Items from a dataset:
=-=-=-=-=
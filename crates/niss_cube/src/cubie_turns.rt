//! Turns of the faces on cubies.
ghost use Rattle.std.specs.Prelude.{◌≡◌, ◌==◌, ◌<◌, ◌≤◌, ◌+◌, ◌-◌, ◌%◌, EachIndex, slice_index, get_or, length};
ghost use Rattle.niss_cube.specs.CubieTurns.{turn_table, IsInRange};
ghost use Rattle.niss_cube.specs.Cubies.{ArePlaced, index_in};

use niss_moves::Turn;

/// A turn of a face: for each place, from which place its cubie comes, and what is added to its twist or flip.
#[derive(Clone, Copy)]
pub struct CubieTurn {
    pub corners: [u8; 8],
    pub twists: [u8; 8],
    pub edges: [u8; 12],
    pub flips: [u8; 12],
}

// From which place the cubie of each place comes by two quarters.
macro_rules! twice {
    ($from:expr; $($place:literal)*) => { [$($from[$from[$place] as usize]),*] };
}

// The same by three.
macro_rules! thrice {
    ($from:expr; $($place:literal)*) => { [$($from[$from[$from[$place] as usize] as usize]),*] };
}

// The quarter, the half and the counter turn of a face. Two quarters add nothing to a twist or flip, so three add what one does.
macro_rules! powers {
    (corners: $corners:expr, twists: $twists:expr, edges: $edges:expr, flips: $flips:expr,) => {
        [
            CubieTurn {
                corners: $corners,
                twists: $twists,
                edges: $edges,
                flips: $flips,
            },
            CubieTurn {
                corners: twice!($corners; 0 1 2 3 4 5 6 7),
                twists: [0; 8],
                edges: twice!($edges; 0 1 2 3 4 5 6 7 8 9 10 11),
                flips: [0; 12],
            },
            CubieTurn {
                corners: thrice!($corners; 0 1 2 3 4 5 6 7),
                twists: $twists,
                edges: thrice!($edges; 0 1 2 3 4 5 6 7 8 9 10 11),
                flips: $flips,
            },
        ]
    };
}

const UP: [CubieTurn; 3] = powers! {
    corners: [3, 0, 1, 2, 4, 5, 6, 7],
    twists: [0; 8],
    edges: [3, 0, 1, 2, 4, 5, 6, 7, 8, 9, 10, 11],
    flips: [0; 12],
};

const DOWN: [CubieTurn; 3] = powers! {
    corners: [0, 1, 2, 3, 5, 6, 7, 4],
    twists: [0; 8],
    edges: [0, 1, 2, 3, 5, 6, 7, 4, 8, 9, 10, 11],
    flips: [0; 12],
};

const RIGHT: [CubieTurn; 3] = powers! {
    corners: [4, 1, 2, 0, 7, 5, 6, 3],
    twists: [2, 0, 0, 1, 1, 0, 0, 2],
    edges: [8, 1, 2, 3, 11, 5, 6, 7, 4, 9, 10, 0],
    flips: [0; 12],
};

const LEFT: [CubieTurn; 3] = powers! {
    corners: [0, 2, 6, 3, 4, 1, 5, 7],
    twists: [0, 1, 2, 0, 0, 2, 1, 0],
    edges: [0, 1, 10, 3, 4, 5, 9, 7, 8, 2, 6, 11],
    flips: [0; 12],
};

const FRONT: [CubieTurn; 3] = powers! {
    corners: [1, 5, 2, 3, 0, 4, 6, 7],
    twists: [1, 2, 0, 0, 2, 1, 0, 0],
    edges: [0, 9, 2, 3, 4, 8, 6, 7, 1, 5, 10, 11],
    flips: [0, 1, 0, 0, 0, 1, 0, 0, 1, 1, 0, 0],
};

const BACK: [CubieTurn; 3] = powers! {
    corners: [0, 1, 3, 7, 4, 5, 2, 6],
    twists: [0, 0, 1, 2, 0, 0, 2, 1],
    edges: [0, 1, 2, 11, 4, 5, 6, 10, 8, 9, 3, 7],
    flips: [0, 0, 0, 1, 0, 0, 0, 1, 0, 0, 1, 1],
};

/// The turns, by face (U, D, R, L, F, B) and by power (quarter, half, counter).
static CUBIE_TURNS: [[CubieTurn; 3]; 6] = [UP, DOWN, RIGHT, LEFT, FRONT, BACK];

/// The table of a turn.
pub fn cubie_turn(turn: Turn) -> &'static CubieTurn
    ensures value { result.now ≡ turn_table turn.face turn.power }
    ensures in_range { IsInRange result.now }
{
    &CUBIE_TURNS[turn.face as usize][turn.power as usize]
}

/// Which cubie stands at each place, after each came from the place that `from` names.
#[inline(always)]
pub fn turn_homes<const PLACES: usize>(homes: &[u8; PLACES], from: &[u8; PLACES]) -> [u8; PLACES]
    requires { EachIndex from.now (λ k. slice_index from.now k < PLACES) }
    ensures { EachIndex result (λ k. slice_index result k
        ≡ slice_index homes.now (slice_index from.now k)) }
{
    let mut turned = [0; PLACES];
    for place in 0..PLACES {
        turned[place] = homes[from[place] as usize];
    }
    turned
}

/// How the cubie at each place is twisted or flipped, after each came from the place that `from` names and was turned by
/// what `added` names. Corners have three `FACELETS`, edges two.
#[inline(always)]
pub fn turn_orientations<const PLACES: usize, const FACELETS: u8>(
    orientations: &[u8; PLACES],
    from: &[u8; PLACES],
    added: &[u8; PLACES],
) -> [u8; PLACES]
    requires facelets { FACELETS ≤ 3 }
    requires from_range { EachIndex from.now (λ k. slice_index from.now k < PLACES) }
    requires added_range { EachIndex added.now (λ k. slice_index added.now k < FACELETS) }
    requires orientation_range { EachIndex orientations.now (λ k.
        slice_index orientations.now k < FACELETS) }
    ensures { EachIndex result (λ k. slice_index result k
        ≡ (slice_index orientations.now (slice_index from.now k) + slice_index added.now k) % FACELETS) }
{
    let mut turned = [0; PLACES];
    for place in 0..PLACES {
        turned[place] = (orientations[from[place] as usize] + added[place]) % FACELETS;
    }
    turned
}

/// At which place each of the cubies stands, each at one.
pub fn places_of<const PLACES: usize>(homes: &[u8; PLACES]) -> [u8; PLACES]
    requires placed { ArePlaced PLACES homes.now }
    requires few { PLACES ≤ 12 }
    ensures value { EachIndex result (λ h. slice_index result h ≡ index_in (λ x. x == h) homes.now) }
    ensures in_range { EachIndex result (λ h. slice_index result h < PLACES) }
{
    let mut places = [0; PLACES];
    for place in 0..PLACES {
        places[homes[place] as usize] = place as u8;
    }
    places
}

/// How each cubie is turned back that stands at the place that `places` names for it. Corners have three `FACELETS`, edges two.
pub fn turned_back<const PLACES: usize, const FACELETS: u8>(
    orientations: &[u8; PLACES],
    places: &[u8; PLACES],
) -> [u8; PLACES]
    requires facelets { FACELETS ≤ 3 }
    requires some { 0 < FACELETS }
    requires place_range { EachIndex places.now (λ k. slice_index places.now k < PLACES) }
    requires orientation_range { EachIndex orientations.now (λ k. slice_index orientations.now k < FACELETS) }
    ensures { EachIndex result (λ k. slice_index result k
        ≡ (FACELETS - slice_index orientations.now (slice_index places.now k)) % FACELETS) }
{
    let mut back = [0; PLACES];
    for home in 0..PLACES {
        back[home] = (FACELETS - orientations[places[home] as usize]) % FACELETS;
    }
    back
}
=-=-=-=-=
## Problem statement
Please transcribe every entry above exactly as it appears.

## Expected answer
filename crates/niss_cube/src/cubie_turns.rt
//! Turns of the faces on cubies.
ghost use Rattle.std.specs.Prelude.{◌≡◌, ◌==◌, ◌<◌, ◌≤◌, ◌+◌, ◌-◌, ◌%◌, EachIndex, slice_index, get_or, length};
ghost use Rattle.niss_cube.specs.CubieTurns.{turn_table, IsInRange};
ghost use Rattle.niss_cube.specs.Cubies.{ArePlaced, index_in};

use niss_moves::Turn;

/// A turn of a face: for each place, from which place its cubie comes, and what is added to its twist or flip.
#[derive(Clone, Copy)]
pub struct CubieTurn {
    pub corners: [u8; 8],
    pub twists: [u8; 8],
    pub edges: [u8; 12],
    pub flips: [u8; 12],
}

// From which place the cubie of each place comes by two quarters.
macro_rules! twice {
    ($from:expr; $($place:literal)*) => { [$($from[$from[$place] as usize]),*] };
}

// The same by three.
macro_rules! thrice {
    ($from:expr; $($place:literal)*) => { [$($from[$from[$from[$place] as usize] as usize]),*] };
}

// The quarter, the half and the counter turn of a face. Two quarters add nothing to a twist or flip, so three add what one does.
macro_rules! powers {
    (corners: $corners:expr, twists: $twists:expr, edges: $edges:expr, flips: $flips:expr,) => {
        [
            CubieTurn {
                corners: $corners,
                twists: $twists,
                edges: $edges,
                flips: $flips,
            },
            CubieTurn {
                corners: twice!($corners; 0 1 2 3 4 5 6 7),
                twists: [0; 8],
                edges: twice!($edges; 0 1 2 3 4 5 6 7 8 9 10 11),
                flips: [0; 12],
            },
            CubieTurn {
                corners: thrice!($corners; 0 1 2 3 4 5 6 7),
                twists: $twists,
                edges: thrice!($edges; 0 1 2 3 4 5 6 7 8 9 10 11),
                flips: $flips,
            },
        ]
    };
}

const UP: [CubieTurn; 3] = powers! {
    corners: [3, 0, 1, 2, 4, 5, 6, 7],
    twists: [0; 8],
    edges: [3, 0, 1, 2, 4, 5, 6, 7, 8, 9, 10, 11],
    flips: [0; 12],
};

const DOWN: [CubieTurn; 3] = powers! {
    corners: [0, 1, 2, 3, 5, 6, 7, 4],
    twists: [0; 8],
    edges: [0, 1, 2, 3, 5, 6, 7, 4, 8, 9, 10, 11],
    flips: [0; 12],
};

const RIGHT: [CubieTurn; 3] = powers! {
    corners: [4, 1, 2, 0, 7, 5, 6, 3],
    twists: [2, 0, 0, 1, 1, 0, 0, 2],
    edges: [8, 1, 2, 3, 11, 5, 6, 7, 4, 9, 10, 0],
    flips: [0; 12],
};

const LEFT: [CubieTurn; 3] = powers! {
    corners: [0, 2, 6, 3, 4, 1, 5, 7],
    twists: [0, 1, 2, 0, 0, 2, 1, 0],
    edges: [0, 1, 10, 3, 4, 5, 9, 7, 8, 2, 6, 11],
    flips: [0; 12],
};

const FRONT: [CubieTurn; 3] = powers! {
    corners: [1, 5, 2, 3, 0, 4, 6, 7],
    twists: [1, 2, 0, 0, 2, 1, 0, 0],
    edges: [0, 9, 2, 3, 4, 8, 6, 7, 1, 5, 10, 11],
    flips: [0, 1, 0, 0, 0, 1, 0, 0, 1, 1, 0, 0],
};

const BACK: [CubieTurn; 3] = powers! {
    corners: [0, 1, 3, 7, 4, 5, 2, 6],
    twists: [0, 0, 1, 2, 0, 0, 2, 1],
    edges: [0, 1, 2, 11, 4, 5, 6, 10, 8, 9, 3, 7],
    flips: [0, 0, 0, 1, 0, 0, 0, 1, 0, 0, 1, 1],
};

/// The turns, by face (U, D, R, L, F, B) and by power (quarter, half, counter).
static CUBIE_TURNS: [[CubieTurn; 3]; 6] = [UP, DOWN, RIGHT, LEFT, FRONT, BACK];

/// The table of a turn.
pub fn cubie_turn(turn: Turn) -> &'static CubieTurn
    ensures value { result.now ≡ turn_table turn.face turn.power }
    ensures in_range { IsInRange result.now }
{
    &CUBIE_TURNS[turn.face as usize][turn.power as usize]
}

/// Which cubie stands at each place, after each came from the place that `from` names.
#[inline(always)]
pub fn turn_homes<const PLACES: usize>(homes: &[u8; PLACES], from: &[u8; PLACES]) -> [u8; PLACES]
    requires { EachIndex from.now (λ k. slice_index from.now k < PLACES) }
    ensures { EachIndex result (λ k. slice_index result k
        ≡ slice_index homes.now (slice_index from.now k)) }
{
    let mut turned = [0; PLACES];
    for place in 0..PLACES {
        turned[place] = homes[from[place] as usize];
    }
    turned
}

/// How the cubie at each place is twisted or flipped, after each came from the place that `from` names and was turned by
/// what `added` names. Corners have three `FACELETS`, edges two.
#[inline(always)]
pub fn turn_orientations<const PLACES: usize, const FACELETS: u8>(
    orientations: &[u8; PLACES],
    from: &[u8; PLACES],
    added: &[u8; PLACES],
) -> [u8; PLACES]
    requires facelets { FACELETS ≤ 3 }
    requires from_range { EachIndex from.now (λ k. slice_index from.now k < PLACES) }
    requires added_range { EachIndex added.now (λ k. slice_index added.now k < FACELETS) }
    requires orientation_range { EachIndex orientations.now (λ k.
        slice_index orientations.now k < FACELETS) }
    ensures { EachIndex result (λ k. slice_index result k
        ≡ (slice_index orientations.now (slice_index from.now k) + slice_index added.now k) % FACELETS) }
{
    let mut turned = [0; PLACES];
    for place in 0..PLACES {
        turned[place] = (orientations[from[place] as usize] + added[place]) % FACELETS;
    }
    turned
}

/// At which place each of the cubies stands, each at one.
pub fn places_of<const PLACES: usize>(homes: &[u8; PLACES]) -> [u8; PLACES]
    requires placed { ArePlaced PLACES homes.now }
    requires few { PLACES ≤ 12 }
    ensures value { EachIndex result (λ h. slice_index result h ≡ index_in (λ x. x == h) homes.now) }
    ensures in_range { EachIndex result (λ h. slice_index result h < PLACES) }
{
    let mut places = [0; PLACES];
    for place in 0..PLACES {
        places[homes[place] as usize] = place as u8;
    }
    places
}

/// How each cubie is turned back that stands at the place that `places` names for it. Corners have three `FACELETS`, edges two.
pub fn turned_back<const PLACES: usize, const FACELETS: u8>(
    orientations: &[u8; PLACES],
    places: &[u8; PLACES],
) -> [u8; PLACES]
    requires facelets { FACELETS ≤ 3 }
    requires some { 0 < FACELETS }
    requires place_range { EachIndex places.now (λ k. slice_index places.now k < PLACES) }
    requires orientation_range { EachIndex orientations.now (λ k. slice_index orientations.now k < FACELETS) }
    ensures { EachIndex result (λ k. slice_index result k
        ≡ (FACELETS - slice_index orientations.now (slice_index places.now k)) % FACELETS) }
{
    let mut back = [0; PLACES];
    for home in 0..PLACES {
        back[home] = (FACELETS - orientations[places[home] as usize]) % FACELETS;
    }
    back
}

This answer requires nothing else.